The answer is to the problem is simple. You don’t try. Folksonomies have the singular advantage of divesting content organization away from an institution and handing it back to contributors and, just as importantly, users. Folksonomies also have the advantage of adaptive organization rather than plenary information architecture - they only organize the content they have rather than attempting to organize all content possible. Content is tagged at point of entry into the system and the vocabulary of tags is totally unconstrained to deal with new possible categories.
The obvious solution is to create a project similar to wikipedia for ontologies.
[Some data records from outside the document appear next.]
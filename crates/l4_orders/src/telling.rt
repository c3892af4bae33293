//! Outcomes and witnesses as text.
ghost use Rattle.std.specs.Prelude.{◌≡◌, ◌++◌, true, IfOk, OnOk};
ghost use Rattle.std.specs.List.{flat_map};
ghost use Rattle.l4_orders.specs.Telling.{lines_of_order, line_numbers, number_text, order_text, outcome_text, outcomes_text, counted_text, orders_counted, reason_text, ended_text, summary_text, orders_text, line_text, witness_text};

use crate::numbers::put_number;
use crate::plans::{Plan, PlanLine, advance};
use l4_merges::{Explored, Found, GaveUp};
use l4_naturals::Natural;
use std::alloc::{AllocError, Global};

/// How outcomes are printed.
#[derive(Clone, Copy, Debug, PartialEq, Eq)]
pub struct OrderStyle {
    /// Whether the orders are left out.
    pub brief: bool,
    /// Whether an order has its lines, and not only their numbers.
    pub explain: bool,
}

/// Appends the number of a line and what it says, in a line of its own.
fn put_explained(alloc: Global, line: &PlanLine, out: &mut Vec<u8>) -> Result<(), AllocError>
    ensures { OnOk result (out.new.items ≡ out.old.items ++ number_text true line.now) }
{
    out.extend_from_slice(b"\n  ")?;
    put_number(alloc, line.number, out)?;
    out.extend_from_slice(b": ")?;
    out.extend_from_slice(line.bytes.as_slice())
}

/// Appends a space and the number of a line, or with `explain` what it says too.
fn put_line_number(
    alloc: Global,
    explain: bool,
    line: &PlanLine,
    out: &mut Vec<u8>,
) -> Result<(), AllocError>
    ensures { OnOk result (out.new.items ≡ out.old.items ++ number_text explain line.now) }
{
    if explain {
        return put_explained(alloc, line, out);
    }
    out.extend_from_slice(b" ")?;
    put_number(alloc, line.number, out)
}

/// Appends the numbers of the lines of an order.
fn put_numbers(
    alloc: Global,
    plan: &Plan,
    explain: bool,
    order: &[usize],
    out: &mut Vec<u8>,
) -> Result<(), AllocError>
    ensures { OnOk result (out.new.items
        ≡ out.old.items ++ flat_map (number_text explain) (lines_of_order plan.now order.now)) }
{
    let mut gone = plan.none_gone(alloc)?;
    for place in order {
        if let Some(line) = plan.line_at(gone.as_slice(), *place) {
            put_line_number(alloc, explain, line, out)?;
        }
        advance(&mut gone, *place)?;
    }
    Ok(())
}

/// Returns the numbers of the lines of an order.
pub fn line_numbers(alloc: Global, plan: &Plan, order: &[usize]) -> Result<Vec<u64>, AllocError>
    ensures { IfOk result (λ numbers. numbers.items ≡ line_numbers plan.now order.now) }
{
    let mut numbers = Vec::new(alloc);
    let mut gone = plan.none_gone(alloc)?;
    for place in order {
        if let Some(line) = plan.line_at(gone.as_slice(), *place) {
            numbers.extend_from_slice(&[line.number])?;
        }
        advance(&mut gone, *place)?;
    }
    Ok(numbers)
}

/// Appends the numbers of the lines of an order in a line.
pub(crate) fn put_order(
    alloc: Global,
    plan: &Plan,
    explain: bool,
    order: &[usize],
    out: &mut Vec<u8>,
) -> Result<(), AllocError>
    ensures { OnOk result (out.new.items ≡ out.old.items ++ order_text plan.now explain order.now) }
{
    out.extend_from_slice(b"order")?;
    put_numbers(alloc, plan, explain, order, out)?;
    out.extend_from_slice(b"\n")
}

/// Appends an outcome, and unless the style is brief an order that produces it.
fn put_outcome(
    alloc: Global,
    plan: &Plan,
    style: OrderStyle,
    number: u64,
    one: &Found,
    out: &mut Vec<u8>,
) -> Result<(), AllocError>
    ensures { OnOk result (out.new.items
        ≡ out.old.items ++ outcome_text plan.now style number one.now) }
{
    out.extend_from_slice(b"outcome ")?;
    put_number(alloc, number, out)?;
    out.extend_from_slice(b"\n")?;
    out.extend_from_slice(one.outcome.as_slice())?;
    if style.brief {
        return Ok(());
    }
    put_order(alloc, plan, style.explain, one.order.as_slice(), out)
}

/// Appends outcomes, of which the first has the number 1.
fn put_outcomes(
    alloc: Global,
    plan: &Plan,
    style: OrderStyle,
    found: &[Found],
    out: &mut Vec<u8>,
) -> Result<(), AllocError>
    ensures { OnOk result (out.new.items
        ≡ out.old.items ++ outcomes_text plan.now style 1 found.now) }
{
    let mut number = 1u64;
    for one in found {
        put_outcome(alloc, plan, style, number, one, out)?;
        let Some(next) = number.checked_add(1) else {
            return Err(AllocError);
        };
        number = next;
    }
    Ok(())
}

/// Appends a number of things with this name.
fn put_count(alloc: Global, number: u64, name: &[u8], out: &mut Vec<u8>) -> Result<(), AllocError>
    ensures { OnOk result (out.new.items ≡ out.old.items ++ counted_text number name.now) }
{
    put_number(alloc, number, out)?;
    out.extend_from_slice(name)?;
    if number == 1 {
        return Ok(());
    }
    out.extend_from_slice(b"s")
}

/// Appends the number of orders, whatever its size.
fn put_orders(orders: &Natural, out: &mut Vec<u8>) -> Result<(), AllocError>
    ensures { OnOk result (out.new.items ≡ out.old.items ++ orders_counted orders.now) }
{
    orders.put_decimal(out)?;
    out.extend_from_slice(b" order")?;
    if orders.is_one() {
        return Ok(());
    }
    out.extend_from_slice(b"s")
}

/// Returns why a search ended early, as the end of the summary.
fn reason(why: GaveUp) -> &'static [u8]
    ensures { result.now ≡ reason_text why }
{
    match why {
        GaveUp::Bound => b", incomplete: most\n",
        GaveUp::Memory => b", incomplete: memory\n",
        GaveUp::Full => b", incomplete: history\n",
    }
}

/// Appends how a search ended.
fn put_ended(alloc: Global, explored: &Explored, out: &mut Vec<u8>) -> Result<(), AllocError>
    ensures { OnOk result (out.new.items
        ≡ out.old.items
        ++ ended_text explored.now.ended explored.now.orders explored.now.states) }
{
    out.extend_from_slice(b", ")?;
    match explored.ended {
        Ok(()) => {
            put_orders(&explored.orders, out)?;
            out.extend_from_slice(b", ")?;
            put_count(alloc, explored.states, b" state", out)?;
            out.extend_from_slice(b"\n")
        }
        Err(why) => {
            put_count(alloc, explored.states, b" state", out)?;
            out.extend_from_slice(reason(why))
        }
    }
}

/// Appends the last line: the numbers of outcomes, orders and states, or why the search ended early.
fn put_summary(alloc: Global, explored: &Explored, out: &mut Vec<u8>) -> Result<(), AllocError>
    ensures { OnOk result (out.new.items ≡ out.old.items ++ summary_text explored.now) }
{
    put_count(alloc, explored.found.len() as u64, b" outcome", out)?;
    put_ended(alloc, explored, out)
}

/// Returns the text of the summary.
pub fn summary_text(alloc: Global, explored: &Explored) -> Result<Vec<u8>, AllocError>
    ensures { IfOk result (λ text. text.items ≡ summary_text explored.now) }
{
    let mut out = Vec::new(alloc);
    put_summary(alloc, explored, &mut out)?;
    Ok(out)
}

/// Returns the text of the outcomes, each with an order that produces it unless the style is brief, and of the summary.
pub fn orders_text(
    alloc: Global,
    plan: &Plan,
    explored: &Explored,
    style: OrderStyle,
) -> Result<Vec<u8>, AllocError>
    ensures { IfOk result (λ text. text.items ≡ orders_text plan.now explored.now style) }
{
    let mut out = Vec::new(alloc);
    put_outcomes(alloc, plan, style, explored.found.as_slice(), &mut out)?;
    put_summary(alloc, explored, &mut out)?;
    Ok(out)
}

/// Appends a line of a script.
pub(crate) fn put_line(line: &PlanLine, out: &mut Vec<u8>) -> Result<(), AllocError>
    ensures { OnOk result (out.new.items ≡ out.old.items ++ line_text line.now) }
{
    out.extend_from_slice(line.bytes.as_slice())?;
    out.extend_from_slice(b"\n")
}

/// Appends lines of a script.
fn put_lines(lines: &[PlanLine], out: &mut Vec<u8>) -> Result<(), AllocError>
    ensures { OnOk result (out.new.items ≡ out.old.items ++ flat_map line_text lines.now) }
{
    for line in lines {
        put_line(line, out)?;
    }
    Ok(())
}

/// Appends the lines of an order.
fn put_turns(
    alloc: Global,
    plan: &Plan,
    order: &[usize],
    out: &mut Vec<u8>,
) -> Result<(), AllocError>
    ensures { OnOk result (out.new.items
        ≡ out.old.items ++ flat_map line_text (lines_of_order plan.now order.now)) }
{
    let mut gone = plan.none_gone(alloc)?;
    for place in order {
        if let Some(line) = plan.line_at(gone.as_slice(), *place) {
            put_line(line, out)?;
        }
        advance(&mut gone, *place)?;
    }
    Ok(())
}

/// Returns the script of an order: the lines before `unordered`, the lines of the order, and the queries.
pub fn witness_text(alloc: Global, plan: &Plan, order: &[usize]) -> Result<Vec<u8>, AllocError>
    ensures { IfOk result (λ text. text.items ≡ witness_text plan.now order.now) }
{
    let mut out = Vec::new(alloc);
    put_lines(plan.first.as_slice(), &mut out)?;
    put_turns(alloc, plan, order, &mut out)?;
    put_lines(plan.queries.as_slice(), &mut out)?;
    Ok(out)
}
Where domain experts/enthusiasts, can generate a singular definitive ontology open for public consumption via web-services for a variety of applications. It would use OWL for data-storage and provide basic inferrence services and other niceties.
The issues with this wiki-ontology would be the same as those on wikipedia, only amplified. Wikipedia suffers facet divergence issues - that is, it’s difficult or impossible to integrate different perspectives on the same issue, especially if there are more than two or three such perspectives and each is mutually exclusive. The reality here is, only one of them is right - so wikipedia appeals to democracy to define correctness. This is a servicable solution for factual information, not so useful for something entirely subjective such as ontologies (since it’s the formalization of notions of classification - a system constrained only by arbitrary self-definition - which (hopefully) regress to axioms)
Wikipedia, because it has the competing tasks of definitiveness and comprehensiveness, has established conventional “hacks” to solve the issue of disagreement - either by wedging controversy into appropriately titled article sections or simply using consensus as the version of reality they choose to represent.
A similar system could be implemented for this wiki-ontology - multiple versions of an ontology could exist in parallel and users could elect to use one ontology over another. Through time, outlying ontological constructs could be pruned and mutually compatible systems could be merged. Since we have a formalized semantic framework this process could be automated - since compatibility of ontological definitions is computable.
Like wikipedia the proportion of people who contribute to the ontologies would be very small relative to the consumers. They key here is that firms that make use of the ontologies have a very strong incentive to commit to the project because they would have influence over the ontological structures of other firms who make use of the system - competing firms would do the same and, essentially, this wiki-ontology would be a platform for establishing industry-wide consensus/standard ontology systems; which is a win for everyone especially the user who can make use of mutually intelligble services.
This collaborative ontological system is compatible with existing “data standards” groups - which are really ontology groups in different clothes. Data Portability, for example could extend its purview beyond the syntactical and tackle the semantic information tracked within various formats.